As liberals and progressives regroup and reassess in the wake of Trump's victory, news media have predictably turned to the leaders of big organizations in a spate of "What do they do now?" pieces. There's talk of war rooms and opposition research, and lots of money flowing into them. That's all well and good, but these efforts will not save the day. Neither will pouring money into existing institutional organizing structures, which tend to be election-focused. Turning the tide against the oncoming wave of assaults on the rights of women-especially working-class women, a class in which women of color are amply represented-will require the leadership of women at state and local levels in the general progressive grassroots political structure, and their empowerment to envision and create a new infrastructure that engages the whole of the progressive movement.
Women, especially women of color, have long histories as leaders and ground-level organizers of movements for social justice. In the Age of Trump, these movements will struggle to survive unless women are at the forefront-not simply "dealt in" or "at the table."
This is no time to wait for inside-the-beltway groups to get their war rooms up and running.
Let the big donors pour their money into that for the time being; we need to begin building without those resources, if only to prove the need for them.
In North Carolina, Reverend William Barber has shown what consistent, 24/7, intersectional organizing can accomplish. In the most unlikely of years, a Democrat was elected to the governor's mansion. The threat perceived by the Koch-bought legislature was revealed when, shortly following the election, the Republican majority passed a measure stripping the governor's office of much of its power.
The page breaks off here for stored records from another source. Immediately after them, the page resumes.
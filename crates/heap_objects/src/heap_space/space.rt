//! The blocks of a heap as one value, with the nurseries, the free numbers and the flags.
ghost use Rattle.std.specs.Prelude.{◌≡◌, ℕ, ◌+◌, ◌*◌, ◌/◌, ◌<◌, ◌≤◌, ◌↔◌, ◌&&◌, ◌||◌, nat_eq, Some, None, Err, true, length, take, drop, IsTrue, IsSome, IfOk, IfSome, IfNone, OnOk, OnErr, MatchOption, IsSomeAnd, slice_set};
ghost use Rattle.std.specs.FinMap.{values, get, insert};
ghost use Rattle.std.specs.Option.{option_map};
ghost use Rattle.model.specs.Graph.{Object, with_pointer};
ghost use Rattle.model.specs.Census.{step_count};
ghost use Rattle.model.specs.Live.{IsYoung};
ghost use Rattle.layout.specs.Place.{place_word, small_word};
ghost use Rattle.layout.specs.ObjectRef.{raw_of};
ghost use Rattle.steps.specs.ConfigRange.{IsInRange};
ghost use Rattle.steps.specs.StepPairs.{step_pair, stands_at};
ghost use Rattle.steps.specs.HeapValue.{nursery_count};
ghost use Rattle.steps.specs.Words.{IsShownAs, LiesIn};
ghost use Rattle.steps.specs.CensusView.{step_value};
ghost use Rattle.steps.specs.CollectionValue.{young_names};
ghost use Rattle.model.specs.Reached.{has};
ghost use Rattle.layout.specs.Header.{size_of};
ghost use Rattle.nursery.specs.Areas.{is_flagged, HasRoom};
ghost use Rattle.nursery.specs.Table.{objects_map, AreHeapBlocks};
ghost use Rattle.large_objects.specs.LargeValue.{InUse, IsAdded, block_count, made, without_object};
ghost use Rattle.large_objects.specs.PoolBlocks.{ArePoolBlocks, blocks_at};
ghost use Rattle.heap_objects.specs.Space.{SpaceAllocates, empty_space, room_in, graph_in, pool_in, IsSpace};
ghost use Rattle.heap_objects.specs.HeapSpaceCollecting.{AreBases, IsNumbered, CanReplace, IsReplaced, HoldsNone};

use crate::heap_space::nurseries::{nurseries_of, nursery_table, reset_all};
use block_pool::{Block, GrantError, Pool, RankedSet};
use forwarding::CellMemory;
use large_objects::LargeTable;
use layout::{LargeNumber, ObjectRef, Place, SmallPlace, word_of};
use nursery::{
    AreaFlags, Nursery, Table, add_blocks, areas_of, bases, block_object, block_of, count_step,
    end_of, exchange, grow, object_from, remove_blocks, set_plain, set_pointer, step_at,
    young_blocks,
};
use std::alloc::{AllocError, Allocator, Global};
use std::marker::Model;
use steps::{Config, Spare, StepCount, StepId, WorkerReport};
But leaders at the state and local levels will now have to fight on two fronts-the congressional as well as the state legislative arenas-if rights are to be maintained and reclaimed. While Barber's Moral Mondays movement shows what state-level mobilizing can accomplish, organic grassroots opposition to the Trump agenda in Congress is also mandatory.
In a succinct and instructive handbook, former congressional staffers Ezra Levin, Leah Greenberg, and Angel Padilla advise a sustained mobilization of resistance to the Trump agenda that targets members of Congress from both parties, using the Tea Party as their model. Especially helpful is Chapter 3, which has suggestions both for creating new groups and resetting the focus of existing groups to create the opposition. They suggest that groups need not be large in order to stop or impede a legislative proposal.
"If a small minority in the Tea Party can stop President Obama," they write, "then we the majority can stop a petty tyrant named Trump."
Under President Trump, legislative proposals designed to stick a knife into any prospect for gender equality will abound, as Goldberg duly noted. The same goes for racial equality. Economic oppression of out-groups will only intensify, as opposition to such basic elements of civilized life, such as the federal minimum wage and basic food supports for poor people, are likely to take hold.
If the liberal project is to be saved, it will be women who do it, and women of color who lead it. Men need to listen up.